//! `zielonka_within` on a recursive ladder (Friedmann 2011), and on a game that was made to take many steps: with
//! enough of them it gives the claims of `zielonka`, and with fewer none. Another recursion would need other numbers of
//! steps. And on small games, which never take more than the proved bound.

use crate::tests::asserting::made;
use crate::tests::games::{game, mask, whole};
use pg_finders::{Advanced, Inside, Recursion, Solved, zielonka, zielonka_within};
use pg_test_support::{EVEN, ODD, Plain, Random, Row, Vertex, bit, check, check_eq, game_of_sets};
use std::alloc::Global;
use std::process::Abort;
use std::sync::Arc;

/// Four levels, of which each has a vertex of each of five kinds.
const LADDER: &[Vertex] = &[
    (0, EVEN, &[4, 12]),
    (1, ODD, &[5, 13]),
    (0, EVEN, &[6, 14]),
    (1, ODD, &[7, 15]),
    (0, ODD, &[0, 9]),
    (1, EVEN, &[1, 10]),
    (0, ODD, &[2, 11]),
    (1, EVEN, &[3]),
    (5, ODD, &[4, 12]),
    (8, EVEN, &[5, 13]),
    (11, ODD, &[6, 14]),
    (14, EVEN, &[7, 15]),
    (4, EVEN, &[13, 16]),
    (7, ODD, &[12, 14, 17]),
    (10, EVEN, &[13, 15, 18]),
    (13, ODD, &[14, 19]),
    (3, ODD, &[12]),
    (6, EVEN, &[4, 13]),
    (9, ODD, &[5, 14]),
    (12, EVEN, &[6, 15]),
];

/// Ten vertices, found by a search for games of many steps.
const MANY_STEPS: &[Vertex] = &[
    (2, EVEN, &[0, 4]),
    (6, ODD, &[0, 2, 5]),
    (1, EVEN, &[2, 4, 8]),
    (10, EVEN, &[2]),
    (0, ODD, &[0, 1, 4]),
    (3, EVEN, &[5, 6, 9]),
    (7, ODD, &[0, 8]),
    (4, ODD, &[2, 3, 7]),
    (5, ODD, &[2, 3]),
    (11, EVEN, &[0, 4, 9]),
];

fn rows_of(solved: &Solved) -> (&[Row], &[Row]) {
    (solved.even.rows.as_slice(), solved.odd.rows.as_slice())
}

/// The claims with so many steps are those without a bound, or there are none.
fn assert_within(rt: &impl Abort, alloc: Global, inside: &Inside, steps: u64, is_enough: bool) {
    let claims = made(rt, zielonka(alloc, inside));
    match made(rt, zielonka_within(alloc, inside, Some(steps))) {
        Some(solved) => {
            check!(*rt; is_enough, steps);
            check_eq!(*rt; rows_of(&solved), rows_of(&claims), steps);
        }
        None => check!(*rt; !is_enough, steps),
    }
}

/// Just so many steps are enough.
fn assert_needs(rt: &impl Abort, alloc: Global, vertices: &[Vertex], steps: u64) {
    let game = game(rt, alloc, vertices);
    let inside = whole(rt, alloc, &game);
    for fewer in 0..steps {
        assert_within(rt, alloc, &inside, fewer, false);
    }
    assert_within(rt, alloc, &inside, steps, true);
    assert_within(rt, alloc, &inside, u64::MAX, true);
}

#[test]
fn a_ladder_of_four_levels_needs_13_steps(rt: HostRuntime) {
    assert_needs(&rt, rt.alloc(), LADDER, 13);
}

#[test]
fn a_game_of_ten_vertices_needs_20_steps(rt: HostRuntime) {
    assert_needs(&rt, rt.alloc(), MANY_STEPS, 20);
}

/// A run on a part without a vertex ends at once, whether it may take steps or not.
fn assert_nothing(rt: &impl Abort, alloc: Global, given: u64) {
    let game = made(rt, Arc::new(alloc, game(rt, alloc, LADDER)));
    let Ok(inside) = Inside::new(&game, mask(rt, alloc, &game, 0)) else {
        panic!(*rt; "no subgame")
    };
    // (the contract of `game` says that the mask is a subgame)
    check_eq!(*rt; inside.game().len(), game.len());
    let none = inside.mask().copy(alloc).expect(rt, "memory");
    let run = made(rt, Recursion::begin(alloc, &game, none));
    let mut steps = given;
    match made(rt, run.advance(alloc, &mut steps)) {
        Advanced::Solved(solved) =>
            check_eq!(*rt; rows_of(&solved), ([].as_slice(), [].as_slice())),
        Advanced::Running(_) => panic!(*rt; "steps remain"),
    }
    check_eq!(*rt; steps, given);
}

#[test]
fn a_run_without_a_vertex_ends_at_once(rt: HostRuntime) {
    assert_nothing(&rt, rt.alloc(), 0);
    assert_nothing(&rt, rt.alloc(), 7);
}

/// The proved bound for `n` vertices of `d` different priorities: 3 * (C(n, 0) + .. + C(n, d)) - 2.
fn most_steps(d: u32, n: u32) -> u64 {
    let mut choices = 1_u64;
    let mut sum = 1_u64;
    for k in 1..=d.min(n) {
        choices = choices.saturating_mul(u64::from(n - k + 1)) / u64::from(k);
        sum = sum.saturating_add(choices);
    }
    sum.saturating_mul(3).saturating_sub(2)
}

/// The bound is enough for a game whose priorities are below 32.
fn assert_bounded(rt: &impl Abort, alloc: Global, rows: &[Plain]) {
    let mut priorities = 0_u32;
    for (priority, _owner, _set) in rows {
        priorities |= bit(*priority);
    }
    let game = made(rt, game_of_sets(alloc, rows));
    let steps = most_steps(priorities.count_ones(), game.len());
    let solved = made(
        rt,
        zielonka_within(alloc, &whole(rt, alloc, &game), Some(steps)),
    );
    check!(*rt; solved.is_some(), steps);
}

/// How many rows a vertex of a game of `n` may have, if its priority is below six.
fn row_count(n: u32) -> u32 {
    bit(n).saturating_sub(1).saturating_mul(12)
}

/// The row with this number. A vertex has some successor.
fn row(n: u32, number: u32) -> Plain {
    let owner = if number % 2 == 0 { EVEN } else { ODD };
    let set = number / 12 % bit(n).saturating_sub(1).max(1);
    (number / 2 % 6, owner, set.saturating_add(1))
}

/// Three priorities have each order and each parity below six.
#[test]
fn no_game_of_three_vertices_needs_more_steps_than_the_bound(rt: HostRuntime) {
    let alloc = rt.alloc();
    for a in 0..row_count(1) {
        assert_bounded(&rt, alloc, [row(1, a)].as_slice());
    }
    for a in 0..row_count(2) {
        for b in 0..row_count(2) {
            assert_bounded(&rt, alloc, [row(2, a), row(2, b)].as_slice());
        }
    }
    for a in 0..row_count(3) {
        for b in 0..row_count(3) {
            for c in 0..row_count(3) {
                assert_bounded(&rt, alloc, [row(3, a), row(3, b), row(3, c)].as_slice());
            }
        }
    }
}

/// Of one to 12 vertices, and of one to 12 priorities.
#[test]
fn no_random_game_needs_more_steps_than_the_bound(rt: HostRuntime) {
    let alloc = rt.alloc();
    let mut random = Random::new(1);
    for _game in 0..100_000 {
        let n = random.below(12).saturating_add(1);
        let priorities = random.below(12).saturating_add(1);
        let mut rows = Vec::new(alloc);
        for _v in 0..n {
            let owner = if random.below(2) == 0 { EVEN } else { ODD };
            let set = (random.below(bit(n)) & random.below(bit(n))) | bit(random.below(n));
            made(&rt, rows.push((random.below(priorities), owner, set)));
        }
        assert_bounded(&rt, alloc, rows.as_slice());
    }
}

§ WORK TO BE COMPLETED
Copy each line above that has the word "subgame".

§ EXPECTED ANSWER
        panic!(*rt; "no subgame")
    // (the contract of `game` says that the mask is a subgame)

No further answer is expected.